Linear Model - MSE: 0.1997, R²: 0.9902
Polynomial Model - MSE: 0.1915, R²: 0.9906


###Step 4: Discussion Questions
1. Why did the polynomial model perform slightly better than the linear model?

Answer:

The polynomial model includes additional terms that capture non-linear relationships and interactions between variables, such as temperature squared and interaction terms like light × CO₂. This allows the model to fit the data slightly better by accounting for curvature and interactions that the linear model cannot capture. However, since the original data was generated using a linear relationship, the improvement is minimal.

2. How does adding non-linear relationships (e.g., temperature squared) improve the model?

Answer:

Adding non-linear terms allows the model to capture more complex patterns in the data. For example, the effect of temperature on photosynthesis might not be strictly linear; photosynthesis rates could increase with temperature up to an optimal point and then decrease. The squared term for temperature helps model this curvature, providing a better fit if such a non-linear relationship exists.

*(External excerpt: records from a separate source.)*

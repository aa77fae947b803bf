//! What attributes say of an element.
ghost use Rattle.std.specs.Prelude.{◌≡◌};
ghost use Rattle.std.specs.List.{list_any};
ghost use Rattle.htmd_lexical.specs.Attributes.{pairs_of};
ghost use Rattle.htmd_article.specs.Sayings as spec;

use htmd_nodes::{Attribute, Name, value_of};

/// Words that the classes of a page's frame have.
const FRAME_WORDS: [&str; 32] = [
    "advert",
    "advertisement",
    "banner",
    "breadcrumb",
    "breadcrumbs",
    "comments",
    "consent",
    "cookie",
    "cookies",
    "footer",
    "gdpr",
    "nav",
    "navbar",
    "navfooter",
    "navheader",
    "navigation",
    "navpath",
    "newsletter",
    "pager",
    "pagination",
    "promo",
    "recommended",
    "related",
    "share",
    "sharing",
    "sidebar",
    "skip",
    "social",
    "sponsored",
    "sphinxsidebar",
    "subscribe",
    "toolbar",
];

/// Whether two words are the same, ASCII letters in either case.
fn is_same_word(text: &[u8], word: &[u8]) -> bool
    ensures { result ≡ spec.same_word word.now text.now }
{
    text.eq_ignore_ascii_case(word)
}

/// Whether the word is between ASCII white space.
fn has_word(text: &[u8], word: &[u8]) -> bool
    ensures { result ≡ spec.has_word word.now text.now }
{
    text.split(|b| b.is_ascii_whitespace())
        .any(|part| is_same_word(part, word))
}

/// Whether the text is one of these words.
fn is_one_of(text: &[u8], words: &[&str]) -> bool
    ensures { result ≡ list_any (λ word. spec.same_word word.now text.now) words.now }
{
    words.iter().any(|word| is_same_word(text, word.as_bytes()))
}

fn is_frame_word(text: &[u8]) -> bool
    ensures { result ≡ spec.is_frame_word text.now }
{
    is_one_of(text, &FRAME_WORDS)
}

/// Whether one of the text's runs of ASCII letters is a word of a page's frame.
fn has_frame_word(text: &[u8]) -> bool
    ensures { result ≡ spec.has_frame_word text.now }
{
    text.split(|b| !b.is_ascii_alphabetic())
        .any(|part| is_frame_word(part))
}

/// Whether one of the text's runs of ASCII letters is *code*.
fn has_code_word(text: &[u8]) -> bool
    ensures { result ≡ spec.has_code_word text.now }
{
    text.split(|b| !b.is_ascii_alphabetic())
        .any(|part| is_same_word(part, b"code"))
}

/// Whether a class is one of a page's frame, and not around code.
fn is_frame_class(text: &[u8]) -> bool
    ensures { result ≡ spec.is_frame_class text.now }
{
    has_frame_word(text) && !has_code_word(text)
}

pub(crate) fn has_role(attrs: &[Attribute], role: &str) -> bool
    ensures { result ≡ spec.has_role role.now (pairs_of attrs.now) }
{
    match value_of(attrs, "role") {
        Some(value) => has_word(value.as_bytes(), role.as_bytes()),
        None => false,
    }
}

pub(crate) fn has_frame_role(attrs: &[Attribute]) -> bool
    ensures { result ≡ spec.has_frame_role (pairs_of attrs.now) }
{
    has_role(attrs, "navigation")
        || has_role(attrs, "contentinfo")
        || has_role(attrs, "search")
        || has_role(attrs, "dialog")
        || has_role(attrs, "alertdialog")
}

pub(crate) fn has_frame_class(attrs: &[Attribute]) -> bool
    ensures { result ≡ spec.has_frame_class (pairs_of attrs.now) }
{
    match value_of(attrs, "class") {
        Some(value) => is_frame_class(value.as_bytes()),
        None => false,
    }
}

pub(crate) fn has_frame_id(attrs: &[Attribute]) -> bool
    ensures { result ≡ spec.has_frame_id (pairs_of attrs.now) }
{
    match value_of(attrs, "id") {
        Some(value) => is_frame_word(value.as_bytes()),
        None => false,
    }
}

/// Whether it is an `a` that leads somewhere.
pub(crate) fn is_link(name: &Name, attrs: &[Attribute]) -> bool
    ensures { result ≡ spec.is_link name.now (pairs_of attrs.now) }
{
    name.as_str() == "a" && value_of(attrs, "href").is_some()
}

pub(crate) fn is_main(name: &Name, attrs: &[Attribute]) -> bool
    ensures { result ≡ spec.is_main name.now (pairs_of attrs.now) }
{
    name.as_str() == "main" || has_role(attrs, "main")
}

pub(crate) fn is_article(name: &Name, attrs: &[Attribute]) -> bool
    ensures { result ≡ spec.is_article name.now (pairs_of attrs.now) }
{
    name.as_str() == "article" || has_role(attrs, "article")
}

pub(crate) fn is_article_body(attrs: &[Attribute]) -> bool
    ensures { result ≡ spec.is_article_body (pairs_of attrs.now) }
{
    match value_of(attrs, "itemprop") {
        Some(value) => has_word(value.as_bytes(), b"articlebody"),
        None => false,
    }
}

3. Based on the results, should we prefer the linear or the polynomial model? Why?

Answer:

In this case, the polynomial model shows a marginal improvement in MSE and R² values. However, the improvement is minimal, and the increased complexity of the polynomial model may not justify its use. If model simplicity and interpretability are important, the linear model may be preferred. If capturing potential non-linear relationships is crucial, and the slight performance gain is valuable, the polynomial model could be chosen.